(Beginning of Task inputs)
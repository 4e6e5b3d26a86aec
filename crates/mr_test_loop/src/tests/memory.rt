//! Memory that is refused while requests are begun. Each way goes on with ample memory.
use super::playing::{Run, is_told};
use super::{WIDE, holds, loop_of, must};
use mr_loop::{LinkEnd, Pause};
use mr_test_support::{grant_memory, refuse_memory};
use std::alloc::AllocError;
use std::env::Env;
use std::process::Abort;

/// Sends a client's request where memory may be refused.
fn sends(
    rt: &(impl Abort + Env),
    run: &mut Run,
    client: usize,
    piece: &[u8],
) -> Result<Pause, AllocError> {
    if client >= run.proxy.places() {
        rt.panic("no such place");
    }
    refuse_memory(rt);
    let pause = run.proxy.on_client_bytes(client, 1000, 0, piece);
    grant_memory(rt);
    pause
}

/// Goes on with what a client sent, until all of it is begun or denied.
fn goes_on(
    rt: &impl Abort,
    run: &mut Run,
    client: usize,
    piece: &[u8],
    first: Result<Pause, AllocError>,
) {
    if client >= run.proxy.places() {
        rt.panic("no such place");
    }
    let pause = match first {
        Ok(Pause::NeedsMemory) => must(rt, run.proxy.on_client_bytes(client, 1000, 0, b"")),
        Ok(pause) => pause,
        Err(_) => must(rt, run.proxy.on_client_bytes(client, 1000, 0, piece)),
    };
    holds(rt, 0, pause == Pause::NeedsBytes, true);
}

fn comes_up(rt: &impl Abort, run: &mut Run, node: usize) {
    if node >= run.proxy.links() {
        rt.panic("no such link");
    }
    run.proxy.on_link_up(node, 0);
}

/// Whether what stands to be written to a node ends so.
fn is_asked_last(rt: &impl Abort, run: &Run, node: usize, text: &[u8]) -> bool {
    if node >= run.proxy.links() {
        rt.panic("no such link");
    }
    run.proxy.link_output(node).ends_with(text)
}

fn says(rt: &impl Abort, run: &mut Run, node: usize, piece: &[u8]) {
    if node >= run.proxy.links() {
        rt.panic("no such link");
    }
    let end = run.proxy.on_link_bytes(node, 0, piece);
    holds(rt, 1, end == LinkEnd::Whole, true);
}

/// Asserts that the client is told its own reply where its request went, else that memory was refused.
fn is_answered(rt: &impl Abort, run: &mut Run, client: usize, went: bool, reply: &[u8]) {
    let refused = b"SERVER_ERROR out of memory\r\n";
    let wanted = if went { reply } else { refused.as_slice() };
    is_told(rt, 2, &mut run.proxy, client, wanted);
}

/// A delete of both pools, and another client's get over one of the links. Each goes whole or not at all, and each reply is
/// that of its own leg.
#[test]
fn refused_memory_sends_all_legs_or_none(rt: HostRuntime) {
    let mut run = Run {
        proxy: loop_of(&rt, rt.alloc(), 8, WIDE),
        reading: 1000,
        now: 0,
    };
    comes_up(&rt, &mut run, 1);
    comes_up(&rt, &mut run, 4);
    let first = sends(&rt, &mut run, 0, b"delete k\r\n");
    goes_on(&rt, &mut run, 0, b"delete k\r\n", first);
    let deletes = is_asked_last(&rt, &run, 1, b"delete k\r\n");
    holds(
        &rt,
        3,
        is_asked_last(&rt, &run, 4, b"delete k\r\n"),
        deletes,
    );
    let second = sends(&rt, &mut run, 1, b"get a\r\n");
    goes_on(&rt, &mut run, 1, b"get a\r\n", second);
    let gets = is_asked_last(&rt, &run, 1, b"get a\r\n");
    if deletes {
        says(&rt, &mut run, 4, b"DELETED\r\n");
        says(&rt, &mut run, 1, b"DELETED\r\n");
    }
    if gets {
        says(&rt, &mut run, 1, b"VALUE a 0 1\r\ny\r\nEND\r\n");
    }
    is_answered(&rt, &mut run, 0, deletes, b"DELETED\r\n");
    is_answered(&rt, &mut run, 1, gets, b"VALUE a 0 1\r\ny\r\nEND\r\n");
}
(End of Task inputs)
What is expected
Through the line that contains "grant_memory(rt);", copy the material above exactly, beginning at its first line and including nothing more.

Your response
repository 4e6e5b3d26a86aec
filename crates/mr_test_loop/src/tests/memory.rt
//! Memory that is refused while requests are begun. Each way goes on with ample memory.
use super::playing::{Run, is_told};
use super::{WIDE, holds, loop_of, must};
use mr_loop::{LinkEnd, Pause};
use mr_test_support::{grant_memory, refuse_memory};
use std::alloc::AllocError;
use std::env::Env;
use std::process::Abort;

/// Sends a client's request where memory may be refused.
fn sends(
    rt: &(impl Abort + Env),
    run: &mut Run,
    client: usize,
    piece: &[u8],
) -> Result<Pause, AllocError> {
    if client >= run.proxy.places() {
        rt.panic("no such place");
    }
    refuse_memory(rt);
    let pause = run.proxy.on_client_bytes(client, 1000, 0, piece);
    grant_memory(rt);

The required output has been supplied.